··· DATASET CONTENT
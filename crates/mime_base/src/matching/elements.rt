//! The elements of a pattern that take one byte, read where they stand in its text.
//!
//! What the public specification calls a glob is a list of elements: `*`, and those that take one
//! byte. How a text spells sets and escapes is this project's own; nothing is parsed ahead. A test of
//! an element reads that element alone: how many of the pattern's last bytes have no `]` is known, and
//! for a `[` among them no end of a set is sought.

ghost use Rattle.std.specs.Prelude.{◌≡◌, true, Bool, ◌∷◌, [], ◌+◌, ◌<◌, ◌==◌, IsNone, IfSome, IsTrue, None, false, is_some, drop};
ghost use Rattle.std.specs.Prelude.{List, ℕ, ◌≤◌, length, position, take, nat_lt, if◌then◌else◌};
ghost use Rattle.mime_base.specs.Matching.Attempt.{begins_otherwise, first_itself, refuses};
ghost use Rattle.mime_base.specs.Matching.Elements.{HasNoEnd, IsSet, admits, elements, end_of_set, in_ranges, is_literal_text};
ghost use Rattle.mime_base.specs.Matching.Elements.{is_negated, is_special, itself_len, one_byte, ranges, width_after};
ghost use Rattle.mime_base.specs.Matching.Folding.{compared, compared_byte};
ghost use Rattle.mime_base.specs.Matching.Matches.{rule_matches};

use crate::matching::folding::as_compared;
use memchr::memrchr;
use std::simd::prelude::*;

/// What stands after an element, if the element admits a byte.
///
/// The element begins with the byte `first`, which is no `*`, and `first` and `byte` are as they are
/// compared.
pub fn after_admitting<'a>(
    first: u8,
    after: &'a [u8],
    endless: usize,
    cased: bool,
    byte: u8,
) -> Option<&'a [u8]>
    // None of the last `endless` bytes is a `]`.
    requires { HasNoEnd endless after.now }
    // There is a rest exactly where the element admits the byte.
    ensures admits { is_some result ≡ admits (one_byte first (compared cased after.now)) byte }
    // The rest is what comes after the element.
    ensures after { IfSome result (λ rest. rest.now
        ≡ drop (width_after first (compared cased after.now)) after.now) }
{
    match first {
        b'?' => Some(after),
        b'\\' => match after {
            [escaped, rest @ ..] => (as_compared(cased, *escaped) == byte).then_some(rest),
            [] => (byte == b'\\').then_some(after),
        },
        b'[' => match set_after(after, endless) {
            Some(set) => (is_member(set.members, cased, byte) != set.is_negated).then_some(
                set.rest,
            ),
            None => (byte == b'[').then_some(after),
        },
        _ => (first == byte).then_some(after),
    }
}

/// What stands after an element, which begins with the byte `first` as it is compared, and is no `*`.
pub fn after_element<'a>(first: u8, after: &'a [u8], endless: usize) -> &'a [u8]
    // None of the last `endless` bytes is a `]`.
    requires { HasNoEnd endless after.now }
    // The rest is what comes after the element, whether the texts are folded or not.
    ensures after { (cased : Bool) → result.now ≡ drop (width_after first (compared cased after.now)) after.now }
{
    match first {
        b'\\' => match after {
            [_, rest @ ..] => rest,
            [] => after,
        },
        b'[' => match set_after(after, endless) {
            Some(set) => set.rest,
            None => after,
        },
        _ => after,
    }
}

/// How many bytes stand after the last `]` of a text, or all.
pub fn count_endless(text: &[u8]) -> usize
    // None of that many last bytes of the text is a `]`.
    ensures { HasNoEnd result text.now }
{
    match memrchr(b']', text) {
        Some(last) => text.len() - last - 1,
        None => text.len(),
    }
}

/// A set of bytes.
#[derive(Clone, Copy)]
struct Set<'a> {
    /// Whether it is all bytes but its members.
    is_negated: bool,
    /// Bytes and ranges of bytes, as they are spelled.
    members: &'a [u8],
    /// What stands after its `]`.
    rest: &'a [u8],
}

/// The set that begins with a `[` before these bytes, if it has an end.
fn set_after<'a>(after: &'a [u8], endless: usize) -> Option<Set<'a>>
    requires { HasNoEnd endless after.now }
    ensures none { IsNone result → end_of_set after.now ≡ None }
    ensures set { IfSome result (λ set. IsSet after.now set.is_negated set.members.now set.rest.now) }
{
    let is_negated = is_negated(after);
    let body = if is_negated { &after[1..] } else { after };
    match end_of_body(body, endless) {
        Some(end) => Some(Set {
            is_negated,
            members: &body[..end + 1],
            rest: &body[end + 2..],
        }),
        None => None,
    }
}

/// How many bytes stand between the first member and the first `]` after it.
fn end_of_body(body: &[u8], endless: usize) -> Option<usize>
    requires { HasNoEnd endless body.now }
    ensures end { result ≡ position (λ b. b == 93) (drop 1 body.now) }
    ensures within { IfSome result (λ end. end + 1 < length body.now) }
{
    let Some((_member, later)) = body.split_first() else {
        return None;
    };
    if later.len() <= endless {
        return None;
    }
    later.iter().position(|byte| *byte == b']')
}

/// Whether these are the bytes of a set that is negated.
fn is_negated(after: &[u8]) -> bool
    ensures { result ≡ is_negated after.now }
{
    matches!(after, [b'!' | b'^', ..])
}

/// Whether a byte, as it is compared, is one of the members that a set spells.
fn is_member(members: &[u8], cased: bool, byte: u8) -> bool
    ensures { result ≡ in_ranges (ranges (compared cased members.now)) byte }
{
    let mut members = members;
    while let Some(range) = first_range(members) {
        if as_compared(cased, range.low) <= byte && byte <= as_compared(cased, range.high) {
            return true;
        }
        members = range.rest;
    }
    false
}

/// A range of bytes; a byte that stands for itself is a range of one.
#[derive(Clone, Copy)]
struct Range<'a> {
    low: u8,
    high: u8,
    /// The members after it.
    rest: &'a [u8],
}

/// The range at the front of a set's members.
fn first_range<'a>(members: &'a [u8]) -> Option<Range<'a>>
    ensures none { IsNone result → members.now ≡ [] }
    ensures shorter { IfSome result (λ range. length range.rest.now < length members.now) }
    ensures range { IfSome result (λ range. (cased : Bool) → ranges (compared cased members.now)
        ≡ (compared_byte cased range.low, compared_byte cased range.high) ∷ ranges (compared cased range.rest.now)) }
{
    match members {
        [low, b'-', high, rest @ ..] => Some(Range {
            low: *low,
            high: *high,
            rest,
        }),
        [byte, rest @ ..] => Some(Range {
            low: *byte,
            high: *byte,
            rest,
        }),
        [] => None,
    }
}

/// Whether each byte of a text stands for itself.
pub fn is_literal_text(text: &[u8]) -> bool
    // It is true exactly where no byte is `*`, `?`, `[` or `\`.
    ensures { result ≡ is_literal_text text.now }
{
    // Where a pattern has a special byte, one mostly stands among the first eight.
    if 8 <= text.len() && count_itself(text) < 8 {
        return false;
    }
    text.iter().all(|byte| !is_special(*byte))
}

/// How many bytes at the front of a text stand for themselves: eight at most, and none of a text of fewer.
#[inline]
pub fn count_itself(text: &[u8]) -> usize
    // They stand for themselves.
    ensures itself { is_literal_text (take result text.now) ≡ true }
    // The text has as many.
    ensures within { result ≤ length text.now }
    // Of eight bytes all, or a special byte is next.
    ensures next { 8 ≤ length text.now → result < 8 → is_literal_text text.now ≡ false }
    // They are all before the first special byte of the eight.
    ensures exact { result ≡ (if nat_lt (length text.now) 8 then 0 else itself_len (take 8 text.now)) }
{
    if text.len() < 8 {
        return 0;
    }
    let front = u8x8::from_slice(text);
    let marks = front.simd_eq(u8x8::splat(b'*')) | front.simd_eq(u8x8::splat(b'?'));
    let openings = front.simd_eq(u8x8::splat(b'[')) | front.simd_eq(u8x8::splat(b'\\'));
    let places = (marks | openings).to_bitmask();
    if places == 0 {
        8
    } else {
        places.trailing_zeros() as usize
    }
}

/// Whether a byte may stand for more than itself.
#[inline]
pub fn is_special(byte: u8) -> bool
    // Whether it is `*`, `?`, `[` or `\`.
    ensures { result ≡ is_special byte }
{
    byte == b'*' || byte == b'?' || byte == b'[' || byte == b'\\'
}

/// Whether a pattern begins with a byte that stands for itself, and a name with another: then it doesn't
/// match. This is the first test of [`crate::glob_matches`], which counts it.
#[inline]
pub fn begins_otherwise(pattern: &[u8], cased: bool, name: &[u8]) -> bool
    // The pattern's first byte stands for itself, and the name's is compared as another.
    ensures exact { result ≡ begins_otherwise cased pattern.now name.now }
    // Then the pattern doesn't match the name.
    ensures other { IsTrue result → rule_matches pattern.now cased name.now ≡ false }
    // Then it was the first test that refused it.
    ensures refused { IsTrue result
        → refuses (elements (compared cased pattern.now)) (compared cased name.now) ≡ true }
    // Then the pattern has a byte.
    ensures some { IsTrue result → 0 < length pattern.now }
{
    let Some((first, _after)) = pattern.split_first() else {
        return false;
    };
    let Some((byte, _rest)) = name.split_first() else {
        return false;
    };
    !is_special(*first) && as_compared(cased, *first) != as_compared(cased, *byte)
}

/// The byte that a pattern begins with, if it stands for itself and folding makes it of no other byte.
pub fn first_itself(pattern: &[u8]) -> Option<u8>
    // It is the pattern's first byte, where that is below the letters and stands for itself.
    ensures exact { result ≡ first_itself pattern.now }
    // With one, the pattern refuses each name that begins with another byte at its first test.
    ensures refused { IfSome result (λ first. (cased : Bool) (byte : ℕ) (rest : List ℕ) → (byte == first) ≡ false →
        refuses (elements (compared cased pattern.now)) (compared cased (byte ∷ rest)) ≡ true) }
    // With one, the pattern has a byte.
    ensures some { IfSome result (λ first. 0 < length pattern.now) }
{
    match pattern.split_first() {
        Some((first, _after)) if *first < b'A' && !is_special(*first) => Some(*first),
        _ => None,
    }
}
······
When you reach the line with "None => (byte" in the records above, start writing out lines exactly, and stop once the line with "folded or not." has been written; include nothing else.

            None => (byte == b'[').then_some(after),
        },
        _ => (first == byte).then_some(after),
    }
}

/// What stands after an element, which begins with the byte `first` as it is compared, and is no `*`.
pub fn after_element<'a>(first: u8, after: &'a [u8], endless: usize) -> &'a [u8]
    // None of the last `endless` bytes is a `]`.
    requires { HasNoEnd endless after.now }
    // The rest is what comes after the element, whether the texts are folded or not.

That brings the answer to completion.